A potential strength of our meta-analysis is the use of TSA to avoid a spurious conclusion of the effectiveness of CHG bathing, and to address what needs to be done next due to the current ‘clinical equipoise’ of this intervention in the ICU setting. However, any systematic review and meta-analysis have a potential weakness of missing unpublished trials, and potential individual trial heterogeneity that is difficult to account for in analysis. We purposely omitted before–and-after trials that tend to overestimate effectiveness and contained significant within-trial-variation [
10], adding these trials would significantly increase the respective cumulative samples size, but would not add quality to any estimates of effect. A potential limitation of our meta-analysis is that mortality outcomes between CHG-bathing and comparison groups was only reported by two trials, and such an outcome has an important place in describing the ultimate burden of hospital acquired infection in the ICU setting. And, our meta-analysis lacks the data to answer the question – Do we need to bath all patients, or only those at the greatest risk, or already colonized? Further to this, the study by Boonyasrir et al [
27] didn’t use prepacked CHG impregnated clothes, instead CHG wash cloths were prepared by staff at the bedside, therefore the dose of CHG may have been unstandardized.

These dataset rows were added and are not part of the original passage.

// The C interface. Each slice is passed as a pointer and a length, in this order; include/club.h has the declarations.
// Each word is put together by itself, as the header says it; their parts differ.
#![tactic(auto)]

ghost use Rattle.std.specs.Prelude.{◌≡◌, ◌≤◌};
ghost use Rattle.reading.specs.declared.version.Version.TheVariants.{First, Second};
ghost use Rattle.conversion.specs.Convert.{answered_set, answered_plan};
ghost use Rattle.cabi.specs.Words.{convert_word, ReportCalled, UnnestCalled, StayNoteCalled, CheckStepsCalled, ConvertCalled, PrizeCalled};

use conversion::convert::{Converted, convert_down, convert_up};
use prizes::prize::prize;
use reading::refusal::Refusal;
use reporting::report::report;
use unnesting::check_steps::check_steps;
use unnesting::stay_note::stay_note;
use unnesting::unnest::unnest;

// The reporting call. C gets refusal + 2^8 * columns + 2^16 * rows.
#[unsafe(no_mangle)]
pub extern "C" fn club_report(set: &[u8], plan: &[u8], out: &mut [i64], scratch: &mut [u64]) -> u64
    ensures { ReportCalled set.now plan.now out.old out.new scratch.old scratch.new result }
{
    match report(set, plan, out, scratch) {
        Err(refusal) => u8::from(refusal) as u64,
        Ok(answer) => 256 * (answer.columns as u64) + 65536 * (answer.rows as u64),
    }
}

// The unnesting call. C gets refusal + 2^8 * steps + 2^24 * bytes of the plan.
#[unsafe(no_mangle)]
pub extern "C" fn club_unnest(
    set: &[u8],
    plan: &[u8],
    out_plan: &mut [u8],
    out_steps: &mut [u8],
    scratch: &mut [u64],
) -> u64
    ensures { UnnestCalled set.now plan.now out_plan.old out_plan.new out_steps.old out_steps.new scratch.old scratch.new result }
{
    match unnest(set, plan, out_plan, out_steps, scratch) {
        Err(refusal) => u8::from(refusal) as u64,
        Ok(answer) => 256 * (answer.steps as u64) + 16777216 * (answer.bytes as u64),
    }
}

// The stay note call. C gets the refusal, 0 where there is no note, or 2^8 + 2^16 * position.
#[unsafe(no_mangle)]
pub extern "C" fn club_stay_note(set: &[u8], plan: &[u8], place: usize, scratch: &mut [u64]) -> u64
    ensures { StayNoteCalled set.now plan.now place scratch.old scratch.new result }
{
    match stay_note(set, plan, place, scratch) {
        Err(refusal) => u8::from(refusal) as u64,
        Ok(None) => 0,
        Ok(Some(position)) => 256 + 65536 * (position as u64),
    }
}

// The call that checks steps made elsewhere. C gets the refusal.
#[unsafe(no_mangle)]
pub extern "C" fn club_check_steps(
    set: &[u8],
    plan: &[u8],
    steps: &[u8],
    theirs: &[u8],
    scratch: &mut [u64],
) -> u64
    ensures { CheckStepsCalled set.now plan.now steps.now theirs.now scratch.old scratch.new result }
{
    match check_steps(set, plan, steps, theirs, scratch) {
        Err(refusal) => u8::from(refusal) as u64,
        Ok(()) => 0,
    }
}

// The word of the converter's answer: refusal + 2^8 * bytes of the plan + 2^24 * bytes of the set.
fn convert_word(answer: Result<Converted, Refusal>) -> u64
    requires { (answered_set answer ≤ 1024064) × (answered_plan answer ≤ 2054) }
    ensures { result ≡ convert_word answer }
{
    match answer {
        Err(refusal) => u8::from(refusal) as u64,
        Ok(answer) => 256 * (answer.plan as u64) + 16777216 * (answer.set as u64),
    }
}

// The converter, from version 1 to version 2.
#[unsafe(no_mangle)]
pub extern "C" fn club_convert_up(
    set: &[u8],
    plan: &[u8],
    out_set: &mut [u8],
    out_plan: &mut [u8],
) -> u64
    ensures { ConvertCalled First Second set.now plan.now out_set.old out_set.new out_plan.old out_plan.new result }
{
    convert_word(convert_up(set, plan, out_set, out_plan))
}

// The converter, from version 2 back to version 1.
#[unsafe(no_mangle)]
pub extern "C" fn club_convert_down(
    set: &[u8],
    plan: &[u8],
    out_set: &mut [u8],
    out_plan: &mut [u8],
) -> u64
    ensures { ConvertCalled Second First set.now plan.now out_set.old out_set.new out_plan.old out_plan.new result }
{
    convert_word(convert_down(set, plan, out_set, out_plan))
}

// The prize call. C gets refusal + 2^8 * rows + 2^24 * club line.
#[unsafe(no_mangle)]
pub extern "C" fn club_prize(
    set: &[u8],
    plan: &[u8],
    purse: u64,
    shares: &[u32],
    out: &mut [i64],
    scratch: &mut [u64],
) -> u64
    ensures { PrizeCalled set.now plan.now purse shares.now out.old out.new scratch.old scratch.new result }
{
    match prize(set, plan, purse, shares, out, scratch) {
        Err(refusal) => u8::from(refusal) as u64,
        Ok(answer) => 256 * (answer.rows as u64) + 16777216 * answer.club,
    }
}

The lack of evidence for the benefit of daily CHG-bathing reported by Noto et al [
21] and positive results reported by Climo et al [
6], have been suggested to be due to a short ten-week intervention and control periods used in the study by Noto [
21], compared to the 6-months cross-over period used by Climo [
6]. The shorter ten-week cross-over period being considered to be insufficient to determine the true impact of CHG bathing on infection rates. Therefore, future trials should consider the optimal study design, and the optimal length of study intervention and control periods. The use of a randomised cluster cross-over design appears optimal and would be easily integrated into the current cumulative evidence. However, the contextual effect of the intervention period lowering the background rates of infection would need to be carefully considered, and for this reason a randomised stepped-wedge approach may also be an option [
28].
The results of our TSA meta-analysis have some important clinical implications for the wider ICU community of clinicians. Importantly, more research is need in this area, that specifically ensures trustworthy evidence of the effectiveness of daily CHG bathing to reduce infections among adults admitted to intensive care, and to ensure results are generalisable to a wider diverse population of ICU patients. The evidence needs to be of the highest quality, like any intervention, there are concerns regarding the safety of daily bathing of ICU patients with CHG, however our meta-analysis has not addressed this issue. Moreover, even though CHG bathing aims to reduce HAI, it has been suggested it may promote the emergence of chlorhexidine-resistance, and increase gram-negative organism bacteraemia [
9]. However, large studies have failed to support this hypothesis [
29]. Importantly, even a modest treatment effect should be considered in the context of the seriousness of some of these specific infections among ICU patients, that are costly and are potentially associated with increased patient morbidity and mortality.
Importantly, a previous met-analysis of CHG bathing by Afonso et al [
30] found that the effect of chlorhexidine gluconate-impregnated washcloth bathing may be unequal for Gram-positive BSIs versus Gram-negative BSIs and that this warrants further study.